Not only are trees essential for life, but as the longest living species on earth, they give us a link between the past, present, and future. Research shows that within minutes of being surrounded by trees and green space, your blood pressure drops, your heart rate slows and your stress levels come down. Trees absorb carbon dioxide as they grow and the carbon that they store in their wood helps slow the rate of global warming. They reduce wind speeds and cool the air as they lose moisture and reflect heat upwards from their leaves. It’s estimated that trees can reduce the temperature in a city by up to 7°C. Trees also help prevent flooding and soil erosion, absorbing thousands of liters of storm water
Trees provide shade and cooling. They reduce the temperature through transpiration. One mature tree can produce the same cooling equivalent to ten room – sized air conditioners. This becomes an effective tool in reducing urban heat islands and hot spots in cities. Having plenty of shade trees in your yard can help reduce your energy bill by allowing you to save on air conditioning. Carefully positioned trees can reduce a household’s energy consumption for heating and cooling by up to 25 percent.
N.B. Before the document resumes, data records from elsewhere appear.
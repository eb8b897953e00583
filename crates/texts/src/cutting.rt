// A text is cut into lines, and a line into words.
ghost use Rattle.std.specs.Prelude.{◌≡◌, ◌<◌, ◌+◌, ℕ, Bool, length, IfSome};
ghost use Rattle.std.specs.List.{before_first};
ghost use Rattle.std.specs.Option.{option_map};
ghost use Rattle.texts.specs.Cutting.{Computes, is_blank, ends_word, from_first, first_line, first_word, lines_of, lines_by, words_of, words_by, LinesCutBack, WordsCutBack};

/// The first line of a text without its end, and what follows it. Call by call it gives all lines of the text, and
/// lines that are written with their ends come back as they were.
#[tactic(auto, using(crate::proofs::Rows::rows))]
pub fn next_line(text: &[u8]) -> Option<(&[u8], &[u8])>
    ensures value { option_map (λ p. (p.0.now, p.1.now)) result ≡ first_line text.now }
    ensures lines { lines_of text.now ≡ lines_by (option_map (λ p. (p.0.now, p.1.now)) result) }
    ensures back { LinesCutBack }
    ensures shorter { IfSome result (λ p. length p.1.now < length text.now) }
{
    if text.is_empty() {
        return None;
    }
    let (line, rest) = split_at_first(text, |byte| byte == b'\n');
    match rest {
        [_, behind @ ..] => Some((line, behind)),
        [] => Some((line, rest)),
    }
}

/// The first word of a line, and what is left of the line. A `#` begins a comment, in which there are no words.
/// Call by call it gives all words of the line, and words with one blank between them come back as they were.
#[tactic(auto, using(crate::proofs::Pieces::words))]
pub fn next_word(line: &[u8]) -> Option<(&[u8], &[u8])>
    ensures value { option_map (λ p. (p.0.now, p.1.now)) result ≡ first_word line.now }
    ensures words { words_of line.now ≡ words_by (option_map (λ p. (p.0.now, p.1.now)) result) }
    ensures back { WordsCutBack }
    ensures shorter { IfSome result (λ p. length p.1.now < length line.now) }
{
    let (_, rest) = split_at_first(line, |byte| !is_blank(byte));
    let (word, rest) = split_at_first(rest, ends_word);
    if word.is_empty() {
        return None;
    }
    Some((word, rest))
}

// The bytes before the first that passes a test, and those from it on.
fn split_at_first<F: Fn(u8) -> bool>(bytes: &[u8], test: F) -> (&[u8], &[u8])
    requires { F.IsAlwaysCallable test }
    ensures parts { (p : ℕ → Bool) → Computes (F.post test) p → (result.0.now ≡ before_first p bytes.now) × (result.1.now ≡ from_first p bytes.now) }
    ensures lengths { length result.0.now + length result.1.now ≡ length bytes.now }
{
    let end = bytes
        .iter()
        .position(|byte| test(*byte))
        .unwrap_or(bytes.len());
    bytes.split_at(end)
}

// Space, tab, carriage return, vertical tab and form feed.
fn is_blank(byte: u8) -> bool
    ensures { result ≡ is_blank byte }
{
    matches!(byte, b' ' | b'\t' | b'\r' | 11 | 12)
}

// A blank, or a comment's beginning.
fn ends_word(byte: u8) -> bool
    ensures { result ≡ ends_word byte }
{
    is_blank(byte) || byte == b'#'
}
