// A text read line by line.
ghost use Rattle.std.specs.Prelude.{◌≡◌};
ghost use Rattle.std.specs.Iterator.{item_count};
ghost use Rattle.texts.specs.Lines.{lines_left, NextLine};

use super::cutting::next_line;

/// The lines of a text that are still to come, each with its number from 1.
#[derive(Clone, Copy)]
pub struct Lines<'a> {
    rest: &'a [u8],
    number: u64,
}

impl<'a> Lines<'a> {
    /// All lines of a text.
    pub fn of(text: &'a [u8]) -> Lines<'a>
        ensures rest { result.rest.now ≡ text.now }
        ensures number { result.number ≡ 0 }
    {
        Lines {
            rest: text,
            number: 0,
        }
    }

    /// The number of the line that was read last, from 1; 0 before the first.
    pub fn number(&self) -> u64
        ensures { result ≡ self.now.number }
    {
        self.number
    }
}

impl<'a> Iterator for Lines<'a> {
    type Item = (u64, &'a [u8]);

    ghost next_gives = { NextLine };

    ghost remaining = { item_count lines_left };

    fn next(&mut self) -> Option<(u64, &'a [u8])> {
        let (line, rest) = next_line(self.rest)?;
        self.rest = rest;
        self.number = self.number.saturating_add(1);
        Some((self.number, line))
    }
}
Trees serve as natural sponges, collecting and filtering rainfall and releasing it slowly into streams and rivers, and are the most effective land cover for maintenance of water quality. The ability of forests to aid in the filtration of water provides benefits to our health and the health of an ecosystem and can also aid in water treatment. Forests provide these benefits by filtering sediments and other pollutants from the water in the soil before it reaches a water source, such as a stream, lake, or river.